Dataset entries
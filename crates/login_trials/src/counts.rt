//! Counts on either side of a wrap, by hand.

use sm_counters::{Count, ahead, within};

const HALF: u32 = 2147483648;

const LAST: u32 = 4294967295;

#[test]
fn counts_go_on_from_zero(rt: HostRuntime) {
    let cases = [
        (0, 1),
        (HALF - 1, HALF),
        (HALF, HALF + 1),
        (LAST - 1, LAST),
        (LAST, 0),
    ];
    for (count, want) in cases {
        assert_eq!(rt; Count(count).plus_one().0, want, "after {count}");
    }
}

#[test]
fn counts_are_ahead(rt: HostRuntime) {
    let cases = [
        (0, 0, 0),
        (0, 1, 1),
        (1, 0, LAST),
        (0, HALF, HALF),
        (HALF, 0, HALF),
        (1, HALF, HALF - 1),
        (HALF, 1, HALF + 1),
        (0, LAST, LAST),
        (LAST, 0, 1),
        (1, LAST, LAST - 1),
        (LAST, 1, 2),
        (HALF, LAST, HALF - 1),
        (LAST, HALF, HALF + 1),
        (LAST, LAST, 0),
    ];
    for (from, to, want) in cases {
        assert_eq!(rt; ahead(Count(from), Count(to)), want, "{to} after {from}");
    }
}

// Four stanzas sent after 4294967294: the last has the count 2.
#[test]
fn a_window_across_the_wrap(rt: HostRuntime) {
    let cases = [
        (LAST - 1, Some(0)),
        (LAST, Some(1)),
        (0, Some(2)),
        (1, Some(3)),
        (2, Some(4)),
        (3, None),
        (HALF, None),
        (LAST - 2, None),
    ];
    for (h, want) in cases {
        assert_eq!(rt; within(Count(LAST - 1), 4, Count(h)), want, "{h}");
    }
}

#[test]
fn windows_end_where_they_end(rt: HostRuntime) {
    let cases = [
        (0, 0, 0, Some(0)),
        (0, 0, 1, None),
        (0, 0, LAST, None),
        (0, LAST, LAST, Some(LAST)),
        (0, LAST - 1, LAST, None),
        (1, LAST, 0, Some(LAST)),
        (1, LAST - 1, 0, None),
        (HALF, HALF, 0, Some(HALF)),
        (HALF, HALF - 1, 0, None),
        (LAST, 0, 0, None),
        (LAST, 1, 0, Some(1)),
        (LAST, HALF, HALF, None),
        (LAST, HALF + 1, HALF, Some(HALF + 1)),
    ];
    for (base, length, h, want) in cases {
        assert_eq!(rt;
            within(Count(base), length, Count(h)),
            want,
            "{h} in {length} after {base}"
        );
    }
}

- Task prompt:
What lines above contain the string "after"? Copy all of them.

- Answer area:
        assert_eq!(rt; Count(count).plus_one().0, want, "after {count}");
        assert_eq!(rt; ahead(Count(from), Count(to)), want, "{to} after {from}");
// Four stanzas sent after 4294967294: the last has the count 2.
            "{h} in {length} after {base}"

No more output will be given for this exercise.